**REQUIRED ACTION:**
Return a copy of every line in the data below that contains "bool".

**PROVIDED MATERIAL:**

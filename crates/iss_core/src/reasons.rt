//! Why settings and loads are declined: for each the first reason that holds.
ghost use Rattle.std.specs.Prelude.{◌≡◌};
ghost use Rattle.iss_model.specs.rules.Reasons.{user_reason, card_reason, move_reason, card_move_reason, user_move_reason, product_reason, group_reason, control_reason, set_reason, switch_reason, load_reason, lacks_user, lacks_product, lacks_group};
ghost use Rattle.iss_core.specs.Reasons.{reason_of_control, new_control_reason, new_set_reason};
ghost use Rattle.iss_model.specs.rules.Settings.{card_named, user_named};
ghost use Rattle.iss_core.specs.States.{facts_of};

use crate::state::State;
use iss_card::{card_may_move, user_may_move};
use iss_model::{
    Association, CardState, Control, Currency, Moved, Reason, Scope, Token, UserState,
};
use iss_velocity::is_same_control;

impl State {
    pub(crate) fn user_reason(&self, user: &Token) -> Option<Reason>
        ensures { result ≡ user_reason (facts_of self.now) user.now }
    {
        if self.is_user(user) {
            return Some(Reason::Exists);
        }
        None
    }

    pub(crate) fn card_reason(&self, card: &Token, user: &Token, product: &Token) -> Option<Reason>
        ensures { result ≡ card_reason (facts_of self.now) card.now user.now product.now }
    {
        if !self.is_user(user) {
            return Some(Reason::UserUnknown);
        }
        if self.product(product).is_none() {
            return Some(Reason::ProductUnknown);
        }
        if self.cards.card(card).is_some() {
            return Some(Reason::Exists);
        }
        None
    }

    pub(crate) fn move_reason(&self, who: &Moved) -> Option<Reason>
        ensures { result ≡ move_reason (facts_of self.now) who.now }
    {
        match who {
            Moved::Card(card, to) => self.card_move_reason(card, *to),
            Moved::User(user, to) => self.user_move_reason(user, *to),
        }
    }

    fn card_move_reason(&self, card: &Token, to: CardState) -> Option<Reason>
        ensures { result ≡ card_move_reason (card_named card.now (facts_of self.now).cards) to }
    {
        match self.cards.card(card) {
            None => Some(Reason::CardUnknown),
            Some(card) if card_may_move(card.state, to) => None,
            Some(card) => Some(Reason::MoveCard(card.state, to)),
        }
    }

    fn user_move_reason(&self, user: &Token, to: UserState) -> Option<Reason>
        ensures { result ≡ user_move_reason (user_named user.now (facts_of self.now).users) to }
    {
        match self.cards.user(user) {
            None => Some(Reason::UserUnknown),
            Some(from) if user_may_move(from, to) => None,
            Some(from) => Some(Reason::MoveUser(from, to)),
        }
    }

    pub(crate) fn product_reason(&self, product: &Token) -> Option<Reason>
        ensures { result ≡ product_reason (facts_of self.now) product.now }
    {
        if self.product(product).is_some() {
            return Some(Reason::Exists);
        }
        if self.products.is_full() {
            return Some(Reason::Limit);
        }
        None
    }

    pub(crate) fn group_reason(&self, group: &Token) -> Option<Reason>
        ensures { result ≡ group_reason (facts_of self.now) group.now }
    {
        if self.groups.has(group) {
            return Some(Reason::Exists);
        }
        if self.groups.is_full() {
            return Some(Reason::Limit);
        }
        None
    }

    pub(crate) fn control_reason(&self, control: &Control) -> Option<Reason>
        ensures { result ≡ reason_of_control (facts_of self.now) control.now }
    {
        match self.controls.get(&control.name) {
            Some(standing) if is_same_control(standing, control) => None,
            Some(_) => Some(Reason::ControlFixed),
            None => self.new_control_reason(&control.association, &control.scope),
        }
    }

    fn new_control_reason(&self, association: &Association, scope: &Scope) -> Option<Reason>
        ensures { result ≡ new_control_reason (facts_of self.now) association.now scope.now }
    {
        if self.lacks_user(association) {
            return Some(Reason::UserUnknown);
        }
        if self.lacks_product(association) {
            return Some(Reason::ProductUnknown);
        }
        if self.lacks_group(scope) {
            return Some(Reason::GroupUnknown);
        }
        if self.controls.is_full() {
            return Some(Reason::Limit);
        }
        None
    }

    fn lacks_user(&self, association: &Association) -> bool
        ensures { result ≡ lacks_user (facts_of self.now) association.now }
    {
        match association {
            Association::User(user) => !self.is_user(user),
            Association::Anybody | Association::Product(_) => false,
        }
    }

    fn lacks_product(&self, association: &Association) -> bool
        ensures { result ≡ lacks_product (facts_of self.now) association.now }
    {
        match association {
            Association::Product(product) => self.product(product).is_none(),
            Association::Anybody | Association::User(_) => false,
        }
    }

    fn lacks_group(&self, scope: &Scope) -> bool
        ensures { result ≡ lacks_group (facts_of self.now) scope.now }
    {
        match scope {
            Scope::Group(group) => !self.groups.has(group),
            Scope::All | Scope::Mcc(_) | Scope::Mid(_) => false,
        }
    }

    pub(crate) fn set_reason(
        &self,
        set: &Token,
        product: &Token,
        currency: Currency,
    ) -> Option<Reason>
        ensures { result ≡ set_reason (facts_of self.now) set.now product.now currency }
    {
        match self.sets.get(set) {
            Some(standing) if standing.product == *product && standing.currency == currency => None,
            Some(_) => Some(Reason::SetFixed),
            None => self.new_set_reason(product, currency),
        }
    }

    fn new_set_reason(&self, product: &Token, currency: Currency) -> Option<Reason>
        ensures { result ≡ new_set_reason (facts_of self.now) product.now currency }
    {
        match self.product(product) {
            None => Some(Reason::ProductUnknown),
            Some(product) if product.currency != currency => Some(Reason::Currency),
            Some(_) if self.sets.is_full() => Some(Reason::Limit),
            Some(_) => None,
        }
    }

    pub(crate) fn switch_reason(&self, product: &Token) -> Option<Reason>
        ensures { result ≡ switch_reason (facts_of self.now) product.now }
    {
        if self.product(product).is_none() {
            return Some(Reason::ProductUnknown);
        }
        None
    }

    pub(crate) fn load_reason(&self, user: &Token) -> Option<Reason>
        ensures { result ≡ load_reason (facts_of self.now) user.now }
    {
        match self.cards.user(user) {
            None => Some(Reason::UserUnknown),
            Some(UserState::Closed) => Some(Reason::UserState),
            Some(UserState::Active | UserState::Suspended) => None,
        }
    }
}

**WRITTEN SOLUTION:**
    fn lacks_user(&self, association: &Association) -> bool
    fn lacks_product(&self, association: &Association) -> bool
    fn lacks_group(&self, scope: &Scope) -> bool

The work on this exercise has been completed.